▶ Exercise requirements
Please filter the listing below and copy out the lines that hold "GotFront".

Content starts

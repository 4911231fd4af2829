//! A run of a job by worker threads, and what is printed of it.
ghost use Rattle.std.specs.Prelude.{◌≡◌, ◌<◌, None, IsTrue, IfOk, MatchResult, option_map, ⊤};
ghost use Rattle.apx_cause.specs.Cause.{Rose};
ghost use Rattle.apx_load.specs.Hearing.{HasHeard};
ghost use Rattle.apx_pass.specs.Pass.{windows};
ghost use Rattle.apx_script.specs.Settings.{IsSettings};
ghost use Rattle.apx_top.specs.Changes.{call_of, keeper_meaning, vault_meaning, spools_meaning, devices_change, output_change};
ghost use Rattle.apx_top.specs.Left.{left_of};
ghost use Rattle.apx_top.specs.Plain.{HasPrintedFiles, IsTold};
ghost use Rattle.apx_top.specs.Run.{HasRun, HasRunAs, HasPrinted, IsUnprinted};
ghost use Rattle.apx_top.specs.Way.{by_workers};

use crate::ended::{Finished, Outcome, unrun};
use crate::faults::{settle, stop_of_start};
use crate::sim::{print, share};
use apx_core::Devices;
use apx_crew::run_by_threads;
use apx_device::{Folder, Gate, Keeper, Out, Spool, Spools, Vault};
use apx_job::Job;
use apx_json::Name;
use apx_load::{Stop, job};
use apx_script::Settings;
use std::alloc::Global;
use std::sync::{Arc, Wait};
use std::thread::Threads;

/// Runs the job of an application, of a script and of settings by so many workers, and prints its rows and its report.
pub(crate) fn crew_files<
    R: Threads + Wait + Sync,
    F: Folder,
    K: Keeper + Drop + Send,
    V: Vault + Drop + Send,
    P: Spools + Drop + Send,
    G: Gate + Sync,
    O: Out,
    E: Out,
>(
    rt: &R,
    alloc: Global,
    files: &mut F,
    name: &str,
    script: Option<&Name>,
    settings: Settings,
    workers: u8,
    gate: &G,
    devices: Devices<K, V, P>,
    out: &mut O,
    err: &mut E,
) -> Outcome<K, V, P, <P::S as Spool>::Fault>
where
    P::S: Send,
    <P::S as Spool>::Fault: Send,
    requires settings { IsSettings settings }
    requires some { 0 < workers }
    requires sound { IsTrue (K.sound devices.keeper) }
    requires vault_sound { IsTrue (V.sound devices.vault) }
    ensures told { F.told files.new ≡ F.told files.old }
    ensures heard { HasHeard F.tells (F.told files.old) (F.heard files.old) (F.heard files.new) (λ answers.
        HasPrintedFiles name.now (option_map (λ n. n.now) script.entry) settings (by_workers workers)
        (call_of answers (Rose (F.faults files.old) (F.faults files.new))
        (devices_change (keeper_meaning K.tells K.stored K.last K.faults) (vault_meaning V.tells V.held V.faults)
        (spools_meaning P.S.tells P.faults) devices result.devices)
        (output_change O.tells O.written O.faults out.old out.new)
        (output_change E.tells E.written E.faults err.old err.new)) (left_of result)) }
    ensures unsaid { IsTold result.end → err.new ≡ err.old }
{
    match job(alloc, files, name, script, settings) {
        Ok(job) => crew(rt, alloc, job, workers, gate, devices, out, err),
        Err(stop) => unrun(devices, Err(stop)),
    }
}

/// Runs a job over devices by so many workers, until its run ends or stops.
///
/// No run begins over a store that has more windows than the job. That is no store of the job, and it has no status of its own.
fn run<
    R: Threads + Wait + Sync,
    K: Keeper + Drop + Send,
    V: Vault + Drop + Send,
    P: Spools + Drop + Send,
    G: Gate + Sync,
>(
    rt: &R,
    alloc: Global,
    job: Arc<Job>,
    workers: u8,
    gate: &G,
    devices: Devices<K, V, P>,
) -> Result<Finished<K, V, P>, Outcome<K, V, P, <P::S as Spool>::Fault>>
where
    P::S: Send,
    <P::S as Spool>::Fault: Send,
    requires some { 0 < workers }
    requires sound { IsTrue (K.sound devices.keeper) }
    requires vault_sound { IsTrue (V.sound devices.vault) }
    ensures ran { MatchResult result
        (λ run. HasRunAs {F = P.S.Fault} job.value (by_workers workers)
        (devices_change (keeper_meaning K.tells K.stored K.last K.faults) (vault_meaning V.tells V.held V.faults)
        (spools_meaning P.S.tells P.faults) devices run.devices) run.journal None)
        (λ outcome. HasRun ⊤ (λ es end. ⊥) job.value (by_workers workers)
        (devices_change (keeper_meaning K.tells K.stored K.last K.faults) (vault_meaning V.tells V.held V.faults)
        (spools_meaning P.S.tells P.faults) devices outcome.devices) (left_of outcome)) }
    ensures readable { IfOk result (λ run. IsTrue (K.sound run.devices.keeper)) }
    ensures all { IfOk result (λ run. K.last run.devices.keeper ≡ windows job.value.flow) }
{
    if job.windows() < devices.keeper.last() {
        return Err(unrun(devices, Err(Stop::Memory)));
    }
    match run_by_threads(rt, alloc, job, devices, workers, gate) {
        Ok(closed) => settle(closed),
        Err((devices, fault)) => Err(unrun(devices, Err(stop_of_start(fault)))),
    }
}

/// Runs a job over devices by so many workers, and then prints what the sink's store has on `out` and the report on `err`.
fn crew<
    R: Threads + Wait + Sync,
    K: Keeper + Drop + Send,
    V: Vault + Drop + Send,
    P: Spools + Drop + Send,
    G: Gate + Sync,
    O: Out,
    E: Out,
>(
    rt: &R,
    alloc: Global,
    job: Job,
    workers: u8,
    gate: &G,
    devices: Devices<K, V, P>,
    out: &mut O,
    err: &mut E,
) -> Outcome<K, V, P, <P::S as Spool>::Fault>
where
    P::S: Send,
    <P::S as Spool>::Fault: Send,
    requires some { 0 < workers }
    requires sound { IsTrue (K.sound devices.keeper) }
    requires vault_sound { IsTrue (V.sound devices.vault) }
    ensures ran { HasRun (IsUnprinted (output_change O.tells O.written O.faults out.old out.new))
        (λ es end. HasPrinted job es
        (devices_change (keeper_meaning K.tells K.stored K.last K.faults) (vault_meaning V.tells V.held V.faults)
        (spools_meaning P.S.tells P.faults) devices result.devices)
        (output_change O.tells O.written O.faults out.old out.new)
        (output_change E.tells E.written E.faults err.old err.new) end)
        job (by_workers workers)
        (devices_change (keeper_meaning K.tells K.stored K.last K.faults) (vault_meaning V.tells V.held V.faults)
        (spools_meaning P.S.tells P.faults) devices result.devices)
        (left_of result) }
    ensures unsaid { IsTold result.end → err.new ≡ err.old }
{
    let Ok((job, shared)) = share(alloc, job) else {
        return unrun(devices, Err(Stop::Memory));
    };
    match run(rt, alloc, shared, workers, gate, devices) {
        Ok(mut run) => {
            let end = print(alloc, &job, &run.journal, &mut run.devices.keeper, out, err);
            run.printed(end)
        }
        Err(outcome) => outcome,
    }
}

Content ends
Content starts

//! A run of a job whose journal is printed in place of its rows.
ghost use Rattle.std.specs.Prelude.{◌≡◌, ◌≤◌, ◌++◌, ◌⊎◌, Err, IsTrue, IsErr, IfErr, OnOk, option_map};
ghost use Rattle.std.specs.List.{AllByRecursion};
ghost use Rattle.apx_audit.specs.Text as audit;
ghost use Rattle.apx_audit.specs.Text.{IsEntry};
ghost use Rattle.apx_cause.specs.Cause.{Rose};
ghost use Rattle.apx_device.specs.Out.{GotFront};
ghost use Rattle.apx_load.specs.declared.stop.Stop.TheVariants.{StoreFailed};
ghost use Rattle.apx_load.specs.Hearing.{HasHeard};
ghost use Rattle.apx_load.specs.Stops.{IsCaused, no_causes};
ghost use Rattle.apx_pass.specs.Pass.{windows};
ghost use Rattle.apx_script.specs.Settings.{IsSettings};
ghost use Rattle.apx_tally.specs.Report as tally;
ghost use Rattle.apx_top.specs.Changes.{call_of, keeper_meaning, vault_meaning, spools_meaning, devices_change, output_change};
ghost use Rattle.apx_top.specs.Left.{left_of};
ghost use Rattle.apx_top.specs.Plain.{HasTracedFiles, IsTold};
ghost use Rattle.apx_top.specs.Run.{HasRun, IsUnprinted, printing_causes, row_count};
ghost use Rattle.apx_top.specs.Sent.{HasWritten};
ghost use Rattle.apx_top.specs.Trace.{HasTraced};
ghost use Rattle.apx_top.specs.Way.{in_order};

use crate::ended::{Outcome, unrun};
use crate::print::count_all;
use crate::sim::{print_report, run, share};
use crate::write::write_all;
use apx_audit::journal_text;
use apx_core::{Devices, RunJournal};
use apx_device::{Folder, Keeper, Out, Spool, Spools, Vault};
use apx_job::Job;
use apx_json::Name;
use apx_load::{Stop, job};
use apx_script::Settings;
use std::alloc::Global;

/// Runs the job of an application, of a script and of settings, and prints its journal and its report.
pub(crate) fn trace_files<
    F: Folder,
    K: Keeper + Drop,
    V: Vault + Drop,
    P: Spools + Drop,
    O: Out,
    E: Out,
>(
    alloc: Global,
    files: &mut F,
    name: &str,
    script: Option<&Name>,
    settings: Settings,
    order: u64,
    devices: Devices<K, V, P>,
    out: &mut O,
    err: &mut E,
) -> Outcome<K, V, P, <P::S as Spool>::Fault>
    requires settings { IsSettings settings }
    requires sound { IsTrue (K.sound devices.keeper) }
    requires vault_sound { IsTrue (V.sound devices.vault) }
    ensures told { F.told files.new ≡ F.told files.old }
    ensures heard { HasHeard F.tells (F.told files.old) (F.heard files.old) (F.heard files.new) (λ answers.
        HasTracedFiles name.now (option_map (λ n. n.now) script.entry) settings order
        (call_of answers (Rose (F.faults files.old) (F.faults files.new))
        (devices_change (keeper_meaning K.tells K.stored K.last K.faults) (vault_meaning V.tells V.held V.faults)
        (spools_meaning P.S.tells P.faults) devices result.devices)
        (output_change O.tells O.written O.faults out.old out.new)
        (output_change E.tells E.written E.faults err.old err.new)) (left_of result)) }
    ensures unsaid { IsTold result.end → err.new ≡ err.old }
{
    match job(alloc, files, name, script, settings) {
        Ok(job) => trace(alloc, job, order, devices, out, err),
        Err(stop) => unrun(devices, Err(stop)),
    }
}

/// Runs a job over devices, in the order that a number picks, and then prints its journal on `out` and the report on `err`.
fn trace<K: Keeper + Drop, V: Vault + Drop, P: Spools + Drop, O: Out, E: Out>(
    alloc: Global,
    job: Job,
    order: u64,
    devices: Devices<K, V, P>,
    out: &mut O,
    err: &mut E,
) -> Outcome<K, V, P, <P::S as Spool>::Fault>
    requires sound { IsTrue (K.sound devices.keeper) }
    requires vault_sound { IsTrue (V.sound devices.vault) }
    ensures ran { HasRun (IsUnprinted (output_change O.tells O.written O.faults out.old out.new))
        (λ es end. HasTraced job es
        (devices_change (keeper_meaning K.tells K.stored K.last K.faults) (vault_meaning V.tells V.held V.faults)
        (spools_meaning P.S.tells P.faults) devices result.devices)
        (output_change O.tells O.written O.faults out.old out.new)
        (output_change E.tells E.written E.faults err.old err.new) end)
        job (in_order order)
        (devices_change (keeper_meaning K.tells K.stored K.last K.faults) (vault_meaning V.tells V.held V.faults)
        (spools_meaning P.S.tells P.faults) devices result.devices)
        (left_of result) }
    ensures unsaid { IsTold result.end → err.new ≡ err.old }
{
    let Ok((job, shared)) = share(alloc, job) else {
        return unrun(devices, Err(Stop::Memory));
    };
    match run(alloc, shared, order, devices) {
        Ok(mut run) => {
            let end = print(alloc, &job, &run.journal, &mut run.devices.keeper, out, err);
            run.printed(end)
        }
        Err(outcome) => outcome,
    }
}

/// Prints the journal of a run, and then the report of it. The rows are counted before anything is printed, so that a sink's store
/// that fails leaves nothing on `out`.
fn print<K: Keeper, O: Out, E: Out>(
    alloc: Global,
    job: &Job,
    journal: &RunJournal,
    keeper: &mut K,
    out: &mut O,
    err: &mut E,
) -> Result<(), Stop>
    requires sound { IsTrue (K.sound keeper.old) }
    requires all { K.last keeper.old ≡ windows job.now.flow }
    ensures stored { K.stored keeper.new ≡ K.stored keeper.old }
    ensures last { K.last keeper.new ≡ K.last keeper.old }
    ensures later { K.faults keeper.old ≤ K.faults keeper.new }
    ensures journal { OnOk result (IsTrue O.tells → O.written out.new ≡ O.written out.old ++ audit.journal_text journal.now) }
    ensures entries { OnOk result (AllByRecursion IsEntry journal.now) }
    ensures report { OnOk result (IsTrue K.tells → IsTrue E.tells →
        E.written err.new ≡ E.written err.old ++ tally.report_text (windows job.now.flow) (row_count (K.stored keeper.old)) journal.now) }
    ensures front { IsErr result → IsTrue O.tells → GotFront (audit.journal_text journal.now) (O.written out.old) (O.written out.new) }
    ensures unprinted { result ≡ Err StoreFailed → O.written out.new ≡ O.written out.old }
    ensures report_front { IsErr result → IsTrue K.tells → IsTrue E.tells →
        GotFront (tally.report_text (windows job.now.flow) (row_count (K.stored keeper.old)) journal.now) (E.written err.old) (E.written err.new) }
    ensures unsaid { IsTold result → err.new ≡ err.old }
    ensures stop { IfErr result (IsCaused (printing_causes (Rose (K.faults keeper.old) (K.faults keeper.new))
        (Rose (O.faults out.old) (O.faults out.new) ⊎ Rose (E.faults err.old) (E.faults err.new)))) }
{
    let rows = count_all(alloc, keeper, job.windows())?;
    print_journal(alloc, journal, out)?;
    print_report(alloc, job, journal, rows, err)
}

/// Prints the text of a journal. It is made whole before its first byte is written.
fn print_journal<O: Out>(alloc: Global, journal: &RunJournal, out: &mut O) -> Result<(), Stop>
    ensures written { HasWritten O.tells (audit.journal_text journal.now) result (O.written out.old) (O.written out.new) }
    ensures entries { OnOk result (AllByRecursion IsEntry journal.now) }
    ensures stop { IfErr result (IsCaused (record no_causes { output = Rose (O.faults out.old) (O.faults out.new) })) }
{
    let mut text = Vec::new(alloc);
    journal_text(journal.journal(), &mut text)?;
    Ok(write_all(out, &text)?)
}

Content ends
Content starts

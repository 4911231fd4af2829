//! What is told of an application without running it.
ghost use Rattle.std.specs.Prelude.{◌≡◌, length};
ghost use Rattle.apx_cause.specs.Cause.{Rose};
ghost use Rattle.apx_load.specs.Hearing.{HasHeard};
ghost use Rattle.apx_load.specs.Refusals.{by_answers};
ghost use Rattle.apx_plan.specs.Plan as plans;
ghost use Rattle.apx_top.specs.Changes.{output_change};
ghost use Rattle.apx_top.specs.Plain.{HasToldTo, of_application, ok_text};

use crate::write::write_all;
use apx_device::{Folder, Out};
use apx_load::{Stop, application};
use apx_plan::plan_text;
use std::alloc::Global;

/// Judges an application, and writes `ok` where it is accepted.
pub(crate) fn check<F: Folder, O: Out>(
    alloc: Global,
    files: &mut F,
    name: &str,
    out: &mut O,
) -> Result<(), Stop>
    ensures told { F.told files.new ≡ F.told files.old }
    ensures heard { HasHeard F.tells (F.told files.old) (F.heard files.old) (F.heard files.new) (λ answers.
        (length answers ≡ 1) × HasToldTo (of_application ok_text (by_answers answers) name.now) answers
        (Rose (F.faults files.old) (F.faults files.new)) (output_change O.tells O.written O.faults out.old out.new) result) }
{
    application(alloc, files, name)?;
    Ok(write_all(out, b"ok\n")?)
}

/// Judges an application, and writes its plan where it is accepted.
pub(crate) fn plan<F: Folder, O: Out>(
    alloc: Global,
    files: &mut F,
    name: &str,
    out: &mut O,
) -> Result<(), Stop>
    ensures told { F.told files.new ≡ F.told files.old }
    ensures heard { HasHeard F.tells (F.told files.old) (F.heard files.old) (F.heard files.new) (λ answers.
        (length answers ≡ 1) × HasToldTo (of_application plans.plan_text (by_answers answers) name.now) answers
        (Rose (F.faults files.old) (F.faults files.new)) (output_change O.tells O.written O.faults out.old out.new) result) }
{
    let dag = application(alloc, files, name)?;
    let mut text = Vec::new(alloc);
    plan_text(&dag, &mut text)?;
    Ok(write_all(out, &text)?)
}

Content ends

▶ Answer
ghost use Rattle.apx_device.specs.Out.{GotFront};
    ensures front { IsErr result → IsTrue O.tells → GotFront (audit.journal_text journal.now) (O.written out.old) (O.written out.new) }
        GotFront (tally.report_text (windows job.now.flow) (row_count (K.stored keeper.old)) journal.now) (E.written err.old) (E.written err.new) }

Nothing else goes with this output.